The main concerns are earnings and cash-flow volatility, rising operating expenses, and dependence on a relatively narrow set of specialized programs and partners. Recent years have seen revenue swings, margin compression, and a sharp deterioration in operating and free cash flow, even as reported profits remained positive. Expansion into the U.S. and deeper moves into digital assets introduce execution, regulatory, and competitive risks. As a bank, it is also inherently exposed to funding confidence, credit cycles, and cybersecurity threats, which could be amplified by its emphasis on technology and niche lending.

Outlook

Looking ahead, VersaBank appears positioned as a growth-oriented, digitally native bank with meaningful upside potential if its U.S. expansion and digital asset initiatives gain traction and if it can restore and stabilize profitability.

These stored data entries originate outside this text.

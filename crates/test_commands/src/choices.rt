//! `run` and `replay` over each choice of two sorts of tablet: all print the same.
ghost use Rattle.std.specs.Prelude.{◌≡◌, vec_len};
ghost use Rattle.pb_texts.specs.CommandLines.{IsInRange, swaps_asked};

use crate::carried::{Files, Outcome, carry_over, has_printed};
use pb_base::Ts;
use pb_texts::{Options, ReplayFiles};
use std::alloc::Global;
use std::process::Abort;
use std::rt::HostRuntime;
use std::sync::Wait;
use std::thread::Threads;
use test_fixtures::{Unready, spares_of, table_of};

// No observers.
const NONE: &str = "{\"profile\":1,\"observers\":[]}";

// An observer of column 0 that does nothing.
const WATCH: &str =
    "{\"profile\":1,\"observers\":[{\"name\":\"watch\",\"column\":0,\"helpers\":[],\"code\":\"b7000000000000009500000000000000\"}]}";

// One that copies the value of its cell to column 1.
const COPY: &str =
    "{\"profile\":1,\"observers\":[{\"name\":\"copy\",\"column\":0,\"helpers\":[2],\"code\":\"bf1600000000000079623000000000007b2ae0ff0000000079623800000000007b2ae8ff0000000079624000000000007b2af0ff0000000079624800000000007b2af8ff000000007961000000000000b702000001000000bfa300000000000007030000e0ffffff8500000002000000b7000000000000009500000000000000\"}]}";

// Whether the first tablet is a slab, and the second.
const CHOICES: [[bool; 2]; 4] = [[false, false], [false, true], [true, false], [true, true]];

// What a command leaves over tablets of these sorts.
fn outcome_of<R: Threads + Wait + Abort + Sync>(
    rt: &R,
    alloc: Global,
    options: &Options,
    files: Files,
    slabs: [bool; 2],
) -> Result<Outcome, Unready>
    requires { IsInRange options.now }
{
    let mut files = files;
    let spares = spares_of(alloc, slabs, options.swaps() as usize)?;
    assert!(rt;
        spares.len() == options.swaps() as usize,
        "a spare for each swap"
    );
    let table = table_of(alloc, &slabs)?;
    Ok(carry_over(
        rt,
        alloc,
        options,
        &mut files,
        table,
        spares,
        usize::MAX,
        false,
    ))
}

/// What a replay prints, with the last timestamp given out before it.
#[derive(Clone, Copy)]
pub struct Replayed<'a> {
    manifest: &'a str,
    script: &'a str,
    pub schedule: &'a str,
    pub clock: u64,
    pub report: &'a str,
}

impl<'a> Replayed<'a> {
    /// What it is of.
    pub fn files(&self, alloc: Global) -> Files<'a> {
        Files {
            alloc,
            manifest: Ok(self.manifest.as_bytes()),
            script: Ok(self.script.as_bytes()),
            schedule: Ok(self.schedule.as_bytes()),
        }
    }
}

const CHANGE: &str = "put 7 0 2a\n";

const TWO_CELLS: &str = "put 7 1 aa; put 7 0 2a\n";

/// Replays whose reports are worked out by hand.
pub const REPLAYED: [Replayed<'static>; 10] = [
    // Two runs at once: one commits.
    Replayed {
        manifest: WATCH,
        script: CHANGE,
        schedule: "launch 1 change 1\nstep 1 100\nlaunch 1 run watch 7\nlaunch 2 run watch 7\nstep 1\nstep 2\nstep 1 2\nstep 2 2\nstep 1 100\nstep 2 100\n",
        clock: 0,
        report: "cell 7 0 commit 2 value 2a\nruns watch 1\nquiet\n",
    },
    // One run handles two changes.
    Replayed {
        manifest: WATCH,
        script: "put 7 0 2a\nput 7 0 2b\n",
        schedule: "launch 1 change 1\nstep 1 100\nlaunch 1 change 2\nstep 1 100\nlaunch 1 run watch 7\nstep 1 100\n",
        clock: 0,
        report: "cell 7 0 commit 4 value 2b\nruns watch 1\nquiet\n",
    },
    // A crash after the commit of the primary.
    Replayed {
        manifest: WATCH,
        script: TWO_CELLS,
        schedule: "launch 1 change 1\nstep 1 6\ncrash 1\n",
        clock: 0,
        report: "cell 7 0 commit 2 value 2a\ncell 7 1 commit 2 value aa\nruns watch 0\nmarks 0 locks 1\n",
    },
    Replayed {
        manifest: WATCH,
        script: TWO_CELLS,
        schedule: "launch 1 change 1\nstep 1 6\ncrash 1\nclear 7 0\n",
        clock: 0,
        report: "cell 7 0 commit 2 value 2a\ncell 7 1 commit 2 value aa\nruns watch 0\nmarks 1 locks 0\n",
    },
    Replayed {
        manifest: WATCH,
        script: TWO_CELLS,
        schedule: "launch 1 change 1\nstep 1 6\ncrash 1\nclear 7 0\nlaunch 1 run watch 7\nstep 1 100\n",
        clock: 0,
        report: "cell 7 0 commit 2 value 2a\ncell 7 1 commit 2 value aa\nruns watch 1\nquiet\n",
    },
    // A crash before it.
    Replayed {
        manifest: WATCH,
        script: TWO_CELLS,
        schedule: "launch 1 change 1\nstep 1 5\ncrash 1\n",
        clock: 0,
        report: "runs watch 0\nmarks 0 locks 2\n",
    },
    Replayed {
        manifest: WATCH,
        script: TWO_CELLS,
        schedule: "launch 1 change 1\nstep 1 5\ncrash 1\nsettle 7 1\nclear 7 0\n",
        clock: 0,
        report: "runs watch 0\nquiet\n",
    },
    // A lock that is settled before its commit.
    Replayed {
        manifest: WATCH,
        script: CHANGE,
        schedule: "launch 1 change 1\nstep 1 3\nsettle 7 0\nstep 1 100\n",
        clock: 0,
        report: "runs watch 0\nquiet\n",
    },
    // The last timestamp is given out.
    Replayed {
        manifest: WATCH,
        script: CHANGE,
        schedule: "launch 1 change 1\nstep 1\nlaunch 2 change 1\nstep 2\n",
        clock: 18446744073709551614,
        report: "runs watch 0\nquiet\n",
    },
    // Cells in both tablets.
    Replayed {
        manifest: COPY,
        script: "put 7 0 2a; put 1000 0 2b; put 5000 0 2c\n",
        schedule: "launch 1 change 1\nstep 1 100\nlaunch 1 run copy 1000\nstep 1 100\nlaunch 2 run copy 7\nstep 2 5\n",
        clock: 0,
        report: "cell 7 0 commit 2 value 2a\ncell 1000 0 commit 2 value 2b\ncell 1000 1 commit 4 value 2b\ncell 5000 0 commit 2 value 2c\nruns copy 1\nmarks 2 locks 0\n",
    },
];

#[test]
fn replays_print_the_same(rt: HostRuntime) -> Result<(), Unready> {
    let alloc = rt.alloc();
    for case in REPLAYED {
        let options = Options::Replay(ReplayFiles {
            manifest: "m",
            script: "s",
            schedule: "e",
            clock: Ts(case.clock),
        });
        for slabs in CHOICES {
            let outcome = outcome_of(&rt, alloc, &options, case.files(alloc), slabs)?;
            let schedule = case.schedule;
            assert!(rt;
                has_printed(&outcome, case.report.as_bytes()),
                "{slabs:?} {schedule}"
            );
        }
    }
    Ok(())
}

// What a run by so many workers beside so many swaps prints, where nothing is left undone.
fn output_of<'a, R: Threads + Wait + Abort + Sync>(
    rt: &R,
    alloc: Global,
    manifest: &'a str,
    script: &'a str,
    workers: u32,
    swaps: u32,
    slabs: [bool; 2],
) -> Result<Vec<u8>, Unready> {
    assert!(rt;
        workers >= 1 && workers <= 63 && swaps <= 1000,
        "so many there may be"
    );
    let files = Files {
        alloc,
        manifest: Ok(manifest.as_bytes()),
        script: Ok(script.as_bytes()),
        schedule: Ok(b""),
    };
    let options = Options::Run {
        manifest: "m",
        script: "s",
        workers,
        swaps,
    };
    let outcome = outcome_of(rt, alloc, &options, files, slabs)?;
    assert!(rt;
        outcome.status == 0 && outcome.err.is_empty(),
        "{slabs:?} {workers} {swaps}"
    );
    Ok(outcome.out)
}

#[test]
fn runs_by_one_worker_print_the_same(rt: HostRuntime) -> Result<(), Unready> {
    let copied = "cell 7 0 commit 2 value 2a\ncell 7 1 commit 4 value 2a\nruns copy 1\nquiet\n";
    for slabs in CHOICES {
        for swaps in [0u32, 1, 2, 7, 1000] {
            for (manifest, script, report) in [(COPY, CHANGE, copied), (NONE, "", "quiet\n")] {
                let found = output_of(&rt, rt.alloc(), manifest, script, 1, swaps, slabs)?;
                assert!(rt; found.as_slice() == report.as_bytes(), "{slabs:?} {swaps}");
            }
        }
    }
    Ok(())
}

// By several workers the copy commits at 4 or later.
#[test]
fn runs_by_three_workers_copy_later(rt: HostRuntime) -> Result<(), Unready> {
    let before = b"cell 7 0 commit 2 value 2a\ncell 7 1 commit ";
    let behind = b" value 2a\nruns copy 1\nquiet\n";
    for slabs in CHOICES {
        let found = output_of(&rt, rt.alloc(), COPY, CHANGE, 3, 7, slabs)?;
        assert!(rt;
            found.starts_with(before) && found.ends_with(behind),
            "{slabs:?}"
        );
        let digits = found
            .get(before.len()..found.len().saturating_sub(behind.len()))
            .expect(&rt, "a commit stands between");
        let text = str::from_utf8(digits).ok().expect(&rt, "digits");
        let commit: u64 = text.parse().ok().expect(&rt, "a number");
        assert!(rt; commit >= 4, "{slabs:?} {commit}");
    }
    Ok(())
}
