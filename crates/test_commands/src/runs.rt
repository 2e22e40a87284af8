//! `run`, over paths and sinks in memory.
ghost use Rattle.std.specs.Prelude.{◌≡◌, ◌≤◌};

use crate::carried::{Files, Outcome, Unread, carry_in_threads, has_printed, has_told, is_cut};
use pb_texts::Options;
use std::alloc::Global;
use std::rt::HostRuntime;
use std::sync::Wait;
use std::thread::Threads;
use test_fixtures::Unready;

const MANIFEST: &[u8] = b"{\"profile\":1,\"observers\":[]}";

// A run of these files by so many workers.
fn run<R: Threads + Wait + Sync>(
    rt: &R,
    alloc: Global,
    files: Files,
    workers: u32,
    left: usize,
    fails: bool,
) -> Result<Outcome, Unready>
    requires some { 1 ≤ workers }
    requires few { workers ≤ 63 }
{
    let mut files = files;
    let options = Options::Run {
        manifest: "m",
        script: "s",
        workers,
        swaps: 0,
    };
    carry_in_threads(rt, alloc, &options, &mut files, left, fails)
}

#[test]
fn memory_for_a_manifest_is_refused(rt: HostRuntime) {
    let files = Files {
        alloc: rt.alloc(),
        manifest: Err(Unread::NoMemory),
        script: Ok(b""),
        schedule: Ok(b""),
    };
    assert!(rt;
        has_told(
            run(&rt, rt.alloc(), files, 1, usize::MAX, true),
            "no memory\n"
        )
    );
}

// A script of one change.
fn one_change<'a>(alloc: Global) -> Files<'a> {
    Files {
        alloc,
        manifest: Ok(MANIFEST),
        script: Ok(b"put 7 0 2a\n"),
        schedule: Ok(b""),
    }
}

#[test]
fn output_may_fail_at_any_call(rt: HostRuntime) {
    let report = b"cell 7 0 commit 2 value 2a\nquiet\n";
    for j in 0..report.len() {
        for fails in [true, false] {
            let files = one_change(rt.alloc());
            let outcome = run(&rt, rt.alloc(), files, 1, j, fails);
            assert!(rt; is_cut(outcome, j, report), "{j} {fails}");
        }
    }
    for workers in [1, 2, 63u32] {
        let files = one_change(rt.alloc());
        let outcome = run(&rt, rt.alloc(), files, workers, report.len(), true);
        assert!(rt;
            has_printed(&outcome.expect(&rt, "memory"), report),
            "{workers}"
        );
    }
}
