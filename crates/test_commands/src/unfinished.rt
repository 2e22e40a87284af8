//! `run` where changes are left: the tablet refuses a change for want of memory, which ends the one worker there is.
use crate::carried::{Files, Outcome, carry_over};
use pb_base::NoMemory;
use pb_texts::Options;
use std::alloc::Global;
use std::rt::HostRuntime;
use std::sync::Wait;
use std::thread::Threads;
use test_fixtures::{Unready, refusing_table};

// A script of so many changes, each of the cell that the one before changes.
fn script_of(alloc: Global, changes: u32) -> Result<String, NoMemory> {
    let mut script = String::new(alloc);
    for _ in 0..changes {
        script.push_str("put 7 0 2a\n")?;
    }
    Ok(script)
}

// The text on a worker that was refused in its second change, and on the changes from that on.
fn faults_of(alloc: Global, changes: u32) -> Result<String, NoMemory> {
    let mut faults = String::new(alloc);
    faults.push_str("worker 1 code 1\n")?;
    for before in 1..changes {
        let number = before.saturating_add(1);
        writeln!(faults, "change {number} conflicts")?;
    }
    Ok(faults)
}

// What a run of so many changes leaves, whose third change of the table, the first of the second change, is refused.
fn outcome_of<R: Threads + Wait + Sync>(
    rt: &R,
    alloc: Global,
    script: &str,
) -> Result<Outcome, Unready> {
    let mut files = Files {
        alloc,
        manifest: Ok(b"{\"profile\":1,\"observers\":[]}"),
        script: Ok(script.as_bytes()),
        schedule: Ok(b""),
    };
    let options = Options::Run {
        manifest: "m",
        script: "s",
        workers: 1,
        swaps: 0,
    };
    let table = refusing_table(alloc, 2)?;
    let spares = Vec::new(alloc);
    Ok(carry_over(
        rt,
        alloc,
        &options,
        &mut files,
        table,
        spares,
        usize::MAX,
        false,
    ))
}

#[test]
fn changes_that_are_left_are_told_after_the_report(rt: HostRuntime) -> Result<(), Unready> {
    for changes in [2, 4, 5, 6, 100, 10_000u32] {
        let script = script_of(rt.alloc(), changes)?;
        let outcome = outcome_of(&rt, rt.alloc(), script.as_str())?;
        let faults = faults_of(rt.alloc(), changes)?;
        assert!(rt;
            outcome.status == 1
                && outcome.out.as_slice() == b"cell 7 0 commit 2 value 2a\nquiet\n".as_slice()
                && outcome.err.as_slice() == faults.as_str().as_bytes(),
            "{changes}"
        );
    }
    Ok(())
}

Its strong capital and liquidity provide room to pursue these ambitions. However, the recent financial volatility and cost pressures suggest that the next phase will be a test of whether its innovative model can deliver consistent, high-quality earnings and cash flows, rather than only episodic bursts of strong performance. The outlook is promising but carries a high degree of execution and market risk.